* [Problem statement]: Reproduce every record precisely, leaving no line out.

╭─ Given records

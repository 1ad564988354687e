//! Packing folders: which bundle it gives, each refusal, and what is left where the files or the output fail in
//! mid-stream.

use crate::bundles::SMALLEST;
use crate::runs::{Outcome, outcome_of};
use fcg_bytes::{MemoryFiles, MemorySource};
use fcg_top::{Status, run};
use fcg_views::NoMemory;
use std::alloc::{AllocError, Global};
use std::test::Fail;

// The smallest bundle's class file stands after its head and its path.
const CLASS_AT: usize = 23;

// The body that a word stands for: `@` for the smallest class file, and else its own bytes.
fn body_of(word: &str) -> &[u8] {
    if word == "@" {
        &SMALLEST[CLASS_AT..]
    } else {
        word.as_bytes()
    }
}

/// A file more.
pub fn push_file(
    files: &mut Vec<(String, Vec<u8>)>,
    alloc: Global,
    path: &str,
    body: &[u8],
) -> Result<(), AllocError> {
    let path = String::from_str(alloc, path)?;
    files.push((path, body.to_vec(alloc)?))?;
    Ok(())
}

// The files of a text whose words are a path and a body in turn.
fn files_of(alloc: Global, text: &str) -> Result<Vec<(String, Vec<u8>)>, AllocError> {
    let mut files = Vec::new(alloc);
    let mut words = text.split(' ');
    while let Some(path) = words.next() {
        push_file(&mut files, alloc, path, body_of(words.next().unwrap_or("")))?;
    }
    Ok(files)
}

// The words `pack d`.
fn words_of(alloc: Global) -> Result<Vec<String>, AllocError> {
    let mut words = Vec::new(alloc);
    words.push(String::from_str(alloc, "pack")?)?;
    words.push(String::from_str(alloc, "d")?)?;
    Ok(words)
}

// Runs `pack d` over files.
fn run_pack(
    alloc: Global,
    files: &mut MemoryFiles,
    outcome: &mut Outcome,
) -> Result<(), AllocError> {
    let words = words_of(alloc)?;
    let mut input = MemorySource::new(Vec::new(alloc), 10, Vec::new(alloc));
    outcome.status = run(
        alloc,
        &words,
        &mut input,
        &mut outcome.output,
        &mut outcome.errors,
        files,
    );
    Ok(())
}

/// Runs `pack d` over files whose call with a number fails, into an output whose call with a number fails.
pub fn pack_over(
    alloc: Global,
    files: Vec<(String, Vec<u8>)>,
    fail: u64,
    fail_output: u64,
) -> Result<Outcome, NoMemory> {
    let mut files = MemoryFiles::new(files, [fail].to_vec(alloc)?);
    let mut outcome = outcome_of(alloc, 67_108_864, &[fail_output])?;
    run_pack(alloc, &mut files, &mut outcome)?;
    Ok(outcome)
}

// The files, the numbers of the calls of the files and of the output that fail, and then the status, the output and the
// errors.
const PACKS: &[(&str, u64, u64, Status, &[u8], &str)] = &[
    ("d/I.class @ d/a.txt text", 9, 9, Status::Ok, SMALLEST, ""),
    (
        "d/a.txt text d/manifest.MF no",
        9,
        9,
        Status::Ok,
        b"FCGB\0\x01\0\0\0\0",
        "",
    ),
    (
        "d/b.class 1 d/META-INF/MANIFEST.MF  e/a.class 2 d/a/z.class 34 d/a.class 5 d/sub/META-INF/MANIFEST.MF 6 d/Z.CLASS 7 d/b.class 8",
        9,
        9,
        Status::Ok,
        b"FCGB\0\x01\0\0\0\x04\0\x14META-INF/MANIFEST.MF\0\0\0\0\0\x07a.class\0\0\0\x015\0\x09a/z.class\0\0\0\x0234\0\x07b.class\0\0\0\x011",
        "",
    ),
    (
        "dd/a.class 1",
        9,
        9,
        Status::Refused,
        b"",
        "{\"fault\":\"Absent\"}\n",
    ),
    (
        "d/a/../b.class 1 d/A.class 2",
        9,
        9,
        Status::Refused,
        b"",
        "{\"entry\":1,\"fault\":\"BadPath\"}\n",
    ),
    (
        "d/x.class 1 d//y.class 2 d/y.class 3",
        9,
        9,
        Status::Refused,
        b"",
        "{\"entry\":0,\"fault\":\"BadPath\"}\n",
    ),
    (
        "d/a.class 1 d/b.class 2",
        0,
        9,
        Status::ReadFailed,
        b"",
        "read failed\n",
    ),
    (
        "d/a.class 1 d/b.class 2",
        2,
        9,
        Status::ReadFailed,
        b"",
        "read failed\n",
    ),
    (
        "d/a.class 1 d/b.class 2",
        9,
        0,
        Status::WriteFailed,
        b"",
        "write failed\n",
    ),
];

#[test]
fn packs_or_refuses(rt: HostRuntime) -> Result<(), Fail> {
    for (text, fail, fail_output, status, output, errors) in PACKS {
        let files = files_of(rt.alloc(), text)?;
        let outcome = pack_over(rt.alloc(), files, *fail, *fail_output)?;
        assert!(rt; outcome.is(*status, output, errors.as_bytes()), "{text}");
    }
    Ok(())
}

// The longest body of a class file `a.class` that a bundle has room for.
const MOST: usize = 67_108_864 - 10 - 6 - 7;

// A path, the length of its body, and then the status, the length of the output and the errors. A body of a byte more than
// the most is too long, even with a path that a bundle may not have.
const LENGTHS: &[(&str, usize, Status, usize, &str)] = &[
    ("d/a.class", MOST, Status::Ok, 67_108_864, ""),
    ("d/a.class", MOST + 1, Status::Refused, 0, TOO_LONG),
    ("d/../a.class", MOST + 1, Status::Refused, 0, TOO_LONG),
];

const TOO_LONG: &str = "{\"fault\":\"TooLong\"}\n";

// A file of zeros.
fn zeros(alloc: Global, path: &str, len: usize) -> Result<Vec<(String, Vec<u8>)>, AllocError> {
    let mut files = Vec::new(alloc);
    let path = String::from_str(alloc, path)?;
    files.push((path, vec![in alloc; 0u8; len]?))?;
    Ok(files)
}

#[test]
fn packs_up_to_the_limit(rt: HostRuntime) -> Result<(), Fail> {
    for (path, len, status, written, errors) in LENGTHS {
        let files = zeros(rt.alloc(), path, *len)?;
        let outcome = pack_over(rt.alloc(), files, 9, 9)?;
        let told = outcome.errors.bytes() == errors.as_bytes();
        let same = outcome.status == *status && outcome.output.bytes().len() == *written && told;
        assert!(rt; same, "{path} of {len} bytes");
    }
    Ok(())
}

╰─

* [Written solution]:
repository 1ad564988354687e
//! Packing folders: which bundle it gives, each refusal, and what is left where the files or the output fail in
//! mid-stream.

use crate::bundles::SMALLEST;
use crate::runs::{Outcome, outcome_of};
use fcg_bytes::{MemoryFiles, MemorySource};
use fcg_top::{Status, run};
use fcg_views::NoMemory;
use std::alloc::{AllocError, Global};
use std::test::Fail;

// The smallest bundle's class file stands after its head and its path.
const CLASS_AT: usize = 23;

// The body that a word stands for: `@` for the smallest class file, and else its own bytes.
fn body_of(word: &str) -> &[u8] {
    if word == "@" {
        &SMALLEST[CLASS_AT..]
    } else {
        word.as_bytes()
    }
}

/// A file more.
pub fn push_file(
    files: &mut Vec<(String, Vec<u8>)>,
    alloc: Global,
    path: &str,
    body: &[u8],
) -> Result<(), AllocError> {
    let path = String::from_str(alloc, path)?;
    files.push((path, body.to_vec(alloc)?))?;
    Ok(())
}

// The files of a text whose words are a path and a body in turn.
fn files_of(alloc: Global, text: &str) -> Result<Vec<(String, Vec<u8>)>, AllocError> {
    let mut files = Vec::new(alloc);
    let mut words = text.split(' ');
    while let Some(path) = words.next() {
        push_file(&mut files, alloc, path, body_of(words.next().unwrap_or("")))?;
    }
    Ok(files)
}

// The words `pack d`.
fn words_of(alloc: Global) -> Result<Vec<String>, AllocError> {
    let mut words = Vec::new(alloc);
    words.push(String::from_str(alloc, "pack")?)?;
    words.push(String::from_str(alloc, "d")?)?;
    Ok(words)
}

// Runs `pack d` over files.
fn run_pack(
    alloc: Global,
    files: &mut MemoryFiles,
    outcome: &mut Outcome,
) -> Result<(), AllocError> {
    let words = words_of(alloc)?;
    let mut input = MemorySource::new(Vec::new(alloc), 10, Vec::new(alloc));
    outcome.status = run(
        alloc,
        &words,
        &mut input,
        &mut outcome.output,
        &mut outcome.errors,
        files,
    );
    Ok(())
}

/// Runs `pack d` over files whose call with a number fails, into an output whose call with a number fails.
pub fn pack_over(
    alloc: Global,
    files: Vec<(String, Vec<u8>)>,
    fail: u64,
    fail_output: u64,
) -> Result<Outcome, NoMemory> {
    let mut files = MemoryFiles::new(files, [fail].to_vec(alloc)?);
    let mut outcome = outcome_of(alloc, 67_108_864, &[fail_output])?;
    run_pack(alloc, &mut files, &mut outcome)?;
    Ok(outcome)
}

// The files, the numbers of the calls of the files and of the output that fail, and then the status, the output and the
// errors.
const PACKS: &[(&str, u64, u64, Status, &[u8], &str)] = &[
    ("d/I.class @ d/a.txt text", 9, 9, Status::Ok, SMALLEST, ""),
    (
        "d/a.txt text d/manifest.MF no",
        9,
        9,
        Status::Ok,
        b"FCGB\0\x01\0\0\0\0",
        "",
    ),
    (
        "d/b.class 1 d/META-INF/MANIFEST.MF  e/a.class 2 d/a/z.class 34 d/a.class 5 d/sub/META-INF/MANIFEST.MF 6 d/Z.CLASS 7 d/b.class 8",
        9,
        9,
        Status::Ok,
        b"FCGB\0\x01\0\0\0\x04\0\x14META-INF/MANIFEST.MF\0\0\0\0\0\x07a.class\0\0\0\x015\0\x09a/z.class\0\0\0\x0234\0\x07b.class\0\0\0\x011",
        "",
    ),
    (
        "dd/a.class 1",
        9,
        9,
        Status::Refused,
        b"",
        "{\"fault\":\"Absent\"}\n",
    ),
    (
        "d/a/../b.class 1 d/A.class 2",
        9,
        9,
        Status::Refused,
        b"",
        "{\"entry\":1,\"fault\":\"BadPath\"}\n",
    ),
    (
        "d/x.class 1 d//y.class 2 d/y.class 3",
        9,
        9,
        Status::Refused,
        b"",
        "{\"entry\":0,\"fault\":\"BadPath\"}\n",
    ),
    (
        "d/a.class 1 d/b.class 2",
        0,
        9,
        Status::ReadFailed,
        b"",
        "read failed\n",
    ),
    (
        "d/a.class 1 d/b.class 2",
        2,
        9,
        Status::ReadFailed,
        b"",
        "read failed\n",
    ),
    (
        "d/a.class 1 d/b.class 2",
        9,
        0,
        Status::WriteFailed,
        b"",
        "write failed\n",
    ),
];

#[test]
fn packs_or_refuses(rt: HostRuntime) -> Result<(), Fail> {
    for (text, fail, fail_output, status, output, errors) in PACKS {
        let files = files_of(rt.alloc(), text)?;
        let outcome = pack_over(rt.alloc(), files, *fail, *fail_output)?;
        assert!(rt; outcome.is(*status, output, errors.as_bytes()), "{text}");
    }
    Ok(())
}

// The longest body of a class file `a.class` that a bundle has room for.
const MOST: usize = 67_108_864 - 10 - 6 - 7;

// A path, the length of its body, and then the status, the length of the output and the errors. A body of a byte more than
// the most is too long, even with a path that a bundle may not have.
const LENGTHS: &[(&str, usize, Status, usize, &str)] = &[
    ("d/a.class", MOST, Status::Ok, 67_108_864, ""),
    ("d/a.class", MOST + 1, Status::Refused, 0, TOO_LONG),
    ("d/../a.class", MOST + 1, Status::Refused, 0, TOO_LONG),
];

const TOO_LONG: &str = "{\"fault\":\"TooLong\"}\n";

// A file of zeros.
fn zeros(alloc: Global, path: &str, len: usize) -> Result<Vec<(String, Vec<u8>)>, AllocError> {
    let mut files = Vec::new(alloc);
    let path = String::from_str(alloc, path)?;
    files.push((path, vec![in alloc; 0u8; len]?))?;
    Ok(files)
}

#[test]
fn packs_up_to_the_limit(rt: HostRuntime) -> Result<(), Fail> {
    for (path, len, status, written, errors) in LENGTHS {
        let files = zeros(rt.alloc(), path, *len)?;
        let outcome = pack_over(rt.alloc(), files, 9, 9)?;
        let told = outcome.errors.bytes() == errors.as_bytes();
        let same = outcome.status == *status && outcome.output.bytes().len() == *written && told;
        assert!(rt; same, "{path} of {len} bytes");
    }
    Ok(())
}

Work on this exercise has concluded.